And we go again…Design- Build- Test
For the next set of experiments, we ordered the mutants of cspF (just nine nucleotides in length) to see if they could sufficiently upregulate or downregulate expression levels. For this purpose, we decided to make single-point substitution mutations in the sequence of cspF. The ordered sequences are referred to as SDM (Site-Directed Mutant), and the parts are also named in this fashion.
This generated a library of 27 potential sequences of UTRs to test. However, we decided to pick only 10 sequences to start. To make this choice, we predicted the expression of all sequences in OSTIR with the pre-start codon cut-off set to 38 and the post-start codon cut-off set to 35. After ranking 26 mutants (one of them was an illegal sequence) in decreasing order of predicted expression, we chose ten evenly spaced mutants from this set. In the earlier batch, we had ordered Promoter-UTR (pUTR) BioBricks. We realised that it would be much faster and more convenient to order the forward and reverse "mega-primers" with a single nucleotide mismatch and create the entire plasmid using PCR from the existing cspF plasmids. In this iteration, we also took the readings in the log and stationary phases, as suggested by Prof Cameron.
We have also done project Modelling using neural networks to make an attempt to correlate the expression values we specifically obtain in this iteration of engineering cycle to our own model. We have already predicted the expression of these nucleotides in Salis' RBS calculator version 2 and OSTIR and through our neural network which we trained on the basis of the data available in literature. The details of this are given on the Project Modelling Page.

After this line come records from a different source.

//! What a line gives.

use crate::copies::put_copy;
use crate::fields::put_fields_answer;
use crate::lists::put_list_answer;
use crate::messages::put_message_answer;
use crate::outside::put_outside_answer;
use crate::print::put_print_answer;
use crate::state::State;
use crate::texts::{put_host_answer, put_name_answer, put_path_answer, put_query_answer};
use case_lines::{Line, args_of, line_of, put};
use kg_text::NoMemory;
use std::alloc::Global;

/// Adds what a line gives.
pub fn put_answer(
    alloc: Global,
    out: &mut String,
    state: &mut State,
    text: &str,
) -> Result<(), NoMemory> {
    let line = line_of(text);
    match line.subject {
        "path" | "name" | "host" | "query" | "copy" => put_text_answer(alloc, out, line),
        "list" | "fields" | "print" => put_state_answer(alloc, out, state, line),
        "message" | "outside" => put_other_answer(alloc, out, line),
        _ => put(out, text),
    }
}

fn put_text_answer(alloc: Global, out: &mut String, line: Line<'_>) -> Result<(), NoMemory> {
    let args = args_of(alloc, line.rest)?;
    match line.subject {
        "path" => put_path_answer(alloc, out, line.call, &args),
        "name" => put_name_answer(alloc, out, line.call, &args),
        "host" => put_host_answer(alloc, out, line.call, &args),
        "query" => put_query_answer(alloc, out, line.call, &args),
        _ => put_copy(alloc, out, line.call, &args),
    }
}

fn put_state_answer(
    alloc: Global,
    out: &mut String,
    state: &mut State,
    line: Line<'_>,
) -> Result<(), NoMemory> {
    let args = args_of(alloc, line.rest)?;
    match line.subject {
        "list" => put_list_answer(out, &mut state.list, line.call, &args),
        "fields" => put_fields_answer(alloc, out, &mut state.fields, line.call, &args),
        _ => put_print_answer(alloc, out, state, line.call, &args),
    }
}

fn put_other_answer(alloc: Global, out: &mut String, line: Line<'_>) -> Result<(), NoMemory> {
    let args = args_of(alloc, line.rest)?;
    match line.subject {
        "message" => put_message_answer(alloc, out, line.call, &args),
        _ => put_outside_answer(alloc, out, line.call, &args),
    }
}
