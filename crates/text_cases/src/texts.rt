//! Paths, names, hosts and queries.

use case_lines::{Args, put, put_bytes, put_truth, put_unknown};
use kg_text::{
    Bytes, Name, NoMemory, Pair, TextError, host_of, host_part, into_normal_form, is_host,
    is_lower_case_of, is_normal, is_path, is_token, normalise, query_pairs, query_text,
};
use std::alloc::Global;

pub fn put_path_answer(
    alloc: Global,
    out: &mut String,
    call: &str,
    args: &Args,
) -> Result<(), NoMemory> {
    match call {
        "normal" => put_normal(alloc, out, args.at(0)),
        "of" => put_own_normal(alloc, out, args.at(0)),
        "is_normal" => put_truth(out, is_normal(args.at(0))),
        "is_path" => put_truth(out, is_path(args.at(0))),
        _ => put_unknown(out),
    }
}

fn put_normal(alloc: Global, out: &mut String, path: &[u8]) -> Result<(), NoMemory> {
    match normalise(alloc, path) {
        Ok(text) => put_bytes(out, text.as_bytes()),
        Err(error) => put_refused(out, error),
    }
}

// The normal form of a path that isn't copied where it is its own.
fn put_own_normal(alloc: Global, out: &mut String, path: &[u8]) -> Result<(), NoMemory> {
    if !is_path(path) {
        return put(out, "no path");
    }
    let text = into_normal_form(alloc, Bytes::from_slice(alloc, path)?)?;
    put_bytes(out, text.as_bytes())
}

fn put_refused(out: &mut String, error: TextError) -> Result<(), NoMemory> {
    match error {
        TextError::Bad { .. } => {
            write!(out, "{error}")?;
            Ok(())
        }
        TextError::NoMemory => Err(NoMemory),
    }
}

pub fn put_name_answer(
    alloc: Global,
    out: &mut String,
    call: &str,
    args: &Args,
) -> Result<(), NoMemory> {
    match call {
        "of" => put_name(alloc, out, args.at(0)),
        "same" => put_same(alloc, out, args.at(0), args.at(1)),
        "is_token" => put_truth(out, is_token(args.at(0))),
        "is_lower_case_of" => put_truth(out, is_lower_case_of(args.at(0), args.at(1))),
        "no_memory" => put_errors(out),
        _ => put_unknown(out),
    }
}

fn put_name(alloc: Global, out: &mut String, raw: &[u8]) -> Result<(), NoMemory> {
    match Name::of(alloc, raw) {
        Ok(name) => put(out, name.as_str()),
        Err(error) => put_refused(out, error),
    }
}

// Whether the second is the name that the first spells, and whether both are equal names.
fn put_same(alloc: Global, out: &mut String, first: &[u8], second: &[u8]) -> Result<(), NoMemory> {
    match Name::of(alloc, first) {
        Ok(name) => put_truth(out, name.same(second) && is_equal(alloc, &name, second)?),
        Err(error) => put_refused(out, error),
    }
}

fn is_equal(alloc: Global, name: &Name, raw: &[u8]) -> Result<bool, NoMemory> {
    if !is_token(raw) {
        return Ok(false);
    }
    Ok(*name == Name::of_token(alloc, raw)?)
}

// How the errors of want of memory are told.
fn put_errors(out: &mut String) -> Result<(), NoMemory> {
    write!(out, "{}, {}", TextError::NoMemory, NoMemory)?;
    Ok(())
}

pub fn put_host_answer(
    alloc: Global,
    out: &mut String,
    call: &str,
    args: &Args,
) -> Result<(), NoMemory> {
    match call {
        "of" => put_bytes(out, host_of(alloc, args.at(0))?.as_slice()),
        "part" => put_bytes(out, host_part(args.at(0))),
        "is_host" => put_truth(out, is_host(args.at(0))),
        _ => put_unknown(out),
    }
}

pub fn put_query_answer(
    alloc: Global,
    out: &mut String,
    call: &str,
    args: &Args,
) -> Result<(), NoMemory> {
    match call {
        "written" => put_written(alloc, out, args.at(0)),
        "pairs" => put_pairs(alloc, out, args.at(0)),
        _ => put_unknown(out),
    }
}

// The text that is written for the pairs that are read.
fn put_written(alloc: Global, out: &mut String, query: &[u8]) -> Result<(), NoMemory> {
    let pairs = query_pairs(alloc, query)?;
    let text = query_text(alloc, &pairs)?;
    put_bytes(out, text.as_slice())
}

fn put_pairs(alloc: Global, out: &mut String, query: &[u8]) -> Result<(), NoMemory> {
    let pairs = query_pairs(alloc, query)?;
    for pair in pairs.as_slice() {
        put_pair(out, pair)?;
    }
    Ok(())
}

fn put_pair(out: &mut String, pair: &Pair) -> Result<(), NoMemory> {
    write!(out, "[{}={}]", pair.name.as_str(), pair.value.as_str())?;
    Ok(())
}
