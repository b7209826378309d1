//! Replies and upstream messages as bytes.

use crate::messages::status_of;
use crate::requests::set_request;
use crate::state::State;
use case_lines::{Args, put, put_bytes, put_unknown};
use kg_message::{Headers, Request, Response, message};
use kg_print::connection::{Keeping, keeping_of};
use kg_print::reply::render_response;
use kg_print::upstream::render_request;
use kg_text::{Bytes, NoMemory};
use std::alloc::Global;

pub fn put_print_answer(
    alloc: Global,
    out: &mut String,
    state: &mut State,
    call: &str,
    args: &Args,
) -> Result<(), NoMemory> {
    match call {
        "keeping" => put_keeping(alloc, out, &mut state.request, args),
        "upstream" => put_upstream(alloc, out, state, args),
        "reply" => put_own_reply(alloc, out, args),
        "bare" => put_bare_reply(alloc, out, args),
        _ => put_unknown(out),
    }
}

// What the reply to the request says of the connection, and what the last one says.
fn put_keeping(
    alloc: Global,
    out: &mut String,
    request: &mut Request,
    args: &Args,
) -> Result<(), NoMemory> {
    set_request(alloc, request, args, 0)?;
    put(out, word_of(keeping_of(false, request)))?;
    put(out, ", ")?;
    put(out, word_of(keeping_of(true, request)))
}

fn word_of(keeping: Keeping) -> &'static str {
    match keeping {
        Keeping::Silent => "silent",
        Keeping::Close => "close",
        Keeping::Alive => "alive",
    }
}

fn keeping_named(name: &str) -> Keeping {
    match name {
        "close" => Keeping::Close,
        "alive" => Keeping::Alive,
        _ => Keeping::Silent,
    }
}

// The upstream message with this method, target and host for the request of the other arguments, with the
// fields of the lines before.
fn put_upstream(
    alloc: Global,
    out: &mut String,
    state: &mut State,
    args: &Args,
) -> Result<(), NoMemory> {
    set_request(alloc, &mut state.request, args, 3)?;
    put_sent(alloc, out, &state.request, &state.fields, args)
}

fn put_sent(
    alloc: Global,
    out: &mut String,
    request: &Request,
    fields: &Headers,
    args: &Args,
) -> Result<(), NoMemory> {
    let text = render_request(alloc, args.at(0), args.at(1), args.at(2), request, fields)?;
    put_bytes(out, text.as_slice())
}

// The gateway's reply with this status and text, to a HEAD or another request.
fn put_own_reply(alloc: Global, out: &mut String, args: &Args) -> Result<(), NoMemory> {
    let reply = message(alloc, status_of(args), args.at(3))?;
    let told = put_rendered(alloc, out, &reply, args);
    drop(reply);
    told
}

// The reply with this status and body, and no fields of its own.
fn put_bare_reply(alloc: Global, out: &mut String, args: &Args) -> Result<(), NoMemory> {
    let body = Bytes::from_slice(alloc, args.at(3))?;
    let reply = Response {
        status: status_of(args),
        headers: Headers::new(alloc),
        body,
    };
    let told = put_rendered(alloc, out, &reply, args);
    drop(reply);
    told
}

fn put_rendered(
    alloc: Global,
    out: &mut String,
    reply: &Response,
    args: &Args,
) -> Result<(), NoMemory> {
    let bodiless = args.text(1) == "HEAD";
    let text = render_response(alloc, reply, bodiless, keeping_named(args.text(2)))?;
    put_bytes(out, text.as_slice())
}
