//! The environment in memory.

use crate::ends::{put_by_turns, put_draws, put_readings, put_reads, put_writes};
use case_lines::{Args, numbers_of, put, put_bytes, put_number, put_unknown};
use kg_outside::{CountIds, ListClock, MemConn, MemSink, MemSource, Sink, StillClock};
use kg_text::{Bytes, NoMemory};
use std::alloc::Global;

pub fn put_outside_answer(
    alloc: Global,
    out: &mut String,
    call: &str,
    args: &Args,
) -> Result<(), NoMemory> {
    match call {
        "read" => put_read_answer(alloc, out, args),
        "write" => put_write_answer(alloc, out, args),
        "conn" => put_conn_answer(alloc, out, args),
        "clock" => put_clock_answer(alloc, out, args),
        "still" => put_still_answer(out, args),
        "ids" => put_draws(out, &mut CountIds::new(), args.number(0), args.number(1)),
        "much" => put_much(alloc, out, args.at(0), args.number(1)),
        _ => put_unknown(out),
    }
}

// A source of these bytes in such pieces, of which the listed calls fail.
fn source_of(
    alloc: Global,
    bytes: &[u8],
    piece: usize,
    fails: &str,
) -> Result<MemSource, NoMemory> {
    let fails = numbers_of(alloc, fails)?;
    match Bytes::from_slice(alloc, bytes) {
        Ok(bytes) => Ok(MemSource::new(bytes, piece.max(1), fails)),
        Err(NoMemory) => {
            drop(fails);
            Err(NoMemory)
        }
    }
}

// Of these bytes in such pieces while the listed calls fail: what so many reads into a room of such a size
// give.
fn put_read_answer(alloc: Global, out: &mut String, args: &Args) -> Result<(), NoMemory> {
    let mut source = source_of(alloc, args.at(0), args.number(1), args.text(2))?;
    put_reads(out, &mut source, args.number(3), args.number(4))
}

// What becomes of each text while the listed calls fail, and then all that was written.
fn put_write_answer(alloc: Global, out: &mut String, args: &Args) -> Result<(), NoMemory> {
    let mut sink = MemSink::new(alloc, numbers_of(alloc, args.text(1))?);
    put_writes(out, &mut sink, args.text(0))?;
    put_bytes(out, sink.written())
}

// Of these bytes in such pieces while the listed reads fail, and these texts while the listed writes fail:
// what a read of a byte and a write of a text give, by turns; then all that was written, and what two more
// reads give.
fn put_conn_answer(alloc: Global, out: &mut String, args: &Args) -> Result<(), NoMemory> {
    let mut conn = conn_of(alloc, args)?;
    match put_by_turns(out, &mut conn, args.text(3)) {
        Ok(()) => put_parts(out, conn),
        Err(NoMemory) => {
            drop(conn);
            Err(NoMemory)
        }
    }
}

fn conn_of(alloc: Global, args: &Args) -> Result<MemConn, NoMemory> {
    let fails = numbers_of(alloc, args.text(4))?;
    match source_of(alloc, args.at(0), args.number(1), args.text(2)) {
        Ok(source) => Ok(MemConn::new(source, MemSink::new(alloc, fails))),
        Err(NoMemory) => {
            drop(fails);
            Err(NoMemory)
        }
    }
}

fn put_parts(out: &mut String, conn: MemConn) -> Result<(), NoMemory> {
    let (mut source, sink) = conn.into_parts();
    let told = put_rest(out, &mut source, &sink);
    drop(source);
    drop(sink);
    told
}

fn put_rest(out: &mut String, source: &mut MemSource, sink: &MemSink) -> Result<(), NoMemory> {
    put_bytes(out, sink.written())?;
    put(out, " ")?;
    put_reads(out, source, 16, 2)
}

// So many readings of a clock of this list, and how often it was read.
fn put_clock_answer(alloc: Global, out: &mut String, args: &Args) -> Result<(), NoMemory> {
    let mut clock = ListClock::new(numbers_of(alloc, args.text(0))?);
    put_readings(out, &mut clock, args.number(1))?;
    put(out, "of ")?;
    put_number(out, clock.made())
}

fn put_still_answer(out: &mut String, args: &Args) -> Result<(), NoMemory> {
    let stands: u64 = args.text(0).parse().unwrap_or(0);
    put_readings(out, &mut StillClock(stands), args.number(1))
}

// How many bytes a sink has after so many writes of these.
fn put_much(alloc: Global, out: &mut String, bytes: &[u8], count: usize) -> Result<(), NoMemory> {
    let mut sink = MemSink::new(alloc, numbers_of(alloc, "")?);
    for _ in 0..count {
        write_some(&mut sink, bytes);
    }
    put_number(out, u64::try_from(sink.written().len()).unwrap_or(0))
}

// Writes the bytes, if there are some; a fault is seen in what is written.
fn write_some<K: Sink>(sink: &mut K, bytes: &[u8]) {
    if !bytes.is_empty() {
        let _taken = sink.write(bytes);
    }
}
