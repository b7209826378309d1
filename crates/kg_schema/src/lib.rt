//! Bodies of JSON as rows of the gateway's configuration: which rules a body breaks, what it sets,
//! and how a row is shown.
#![tactic(auto)]

mod refusals;
mod row;

pub use crate::refusals::violations_are_told_in_order;
pub use crate::row::{
    accepts_word, base_has_id, finish, finish_under, finished_rows_are_valid, links_are_ids,
    shown_rows_are_read_back,
};
pub use kg_bodies::fields::{field_violations, members_of_an_unbroken_object_are_accepted};
pub use kg_bodies::form::{Form, FormError, read_form};
pub use kg_field_rules::rule::Rule;
pub use kg_field_rules::violations::{Broken, Violations};
pub use kg_field_tables::reference::Reference;
pub use kg_row_making::base::{Base, Links, ParentField};
pub use kg_shown_rows::show::show_entity;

Following is the list of CspF mutants we designed, built oligos for and ordered:
Sr. No. | Mutant No. | Original Seq | Mutated Seq | Mutation Positions | Mutations | Expression by OSTIR | % Original | dG_total |
1 | SDM9 | GGAATTTTT | GGAACTTTT | [5] | [('T', 'C')] | 785.1623 | 45 | 1.5332 |
2 | SDM26 | GGAATTTTT | GGACTTTTT | [4] | [('A', 'C')] | 1613.1365 | 92 | -0.2668 |
3 | SDM17 | GGAATTTTT | GGGATTTTT | [3] | [('A', 'G')] | 2504.7979 | 143 | -1.3668 |
4 | SDM10 | GGAATTTTT | GGAAGTTTT | [5] | [('T', 'G')] | 3059.4055 | 175 | -1.8668 |
5 | SDM23 | GGAATTTTT | GGAATTTTA | [9] | [('T', 'A')] | 4944.3759 | 283 | -3.0668 |
6 | SDM5 | GGAATTTTT | GGAATTTTC | [9] | [('T', 'C')] | 6809.1742 | 390 | -3.8668 |
7 | SDM2 | GGAATTTTT | GGAGTTTTT | [4] | [('A', 'G')] | 7087.0796 | 406 | -3.9668 |
8 | SDM3 | GGAATTTTT | GGAATATTT | [6] | [('T', 'A')] | 7990.7202 | 457 | -4.2668 |
9 | SDM19 | GGAATTTTT | GTAATTTTT | [2] | [('G', 'T')] | 9009.5798 | 516 | -4.5668 |
10 | SDM27 | GGAATTTTT | GGAATTTCT | [8] | [('T', 'C')] | 9760.0103 | 559 | -4.7668 |
We tested these sequences out in two strains of E. coli: Dh5alpha, a cloning strain and BL21(DE3), an expression strain. The analysis suggests that there is not much of a variation in the F/OD values. This suggests that probably in some cases, changing just one nucleotide does not change the expression. This may have structural correlations.
NUPACK analysis also reveals that while calculating the relative performance with respect to cspF, we realised that if a G/C in the original sequence GGAATTTTT was changed to an A/T then the F/OD values went lower. Whereas, if the vice versa was done, the F/OD value increased. We already have an experimentally validated library that gives a range of expression with respect to just the RBS (negative control). Our further designs will be based in learnings and developments from this experiment.
We wish to modify the GC content of cspF by making multiple mutations in one sequence while maintaining its structural scaffold in the third engineering cycle. The next aspect that we wish to check is that keeping the structural scaffold of the cspF intact we wish to add additional structural complexities of different levels to it through our sequence and see how the gene expression changes.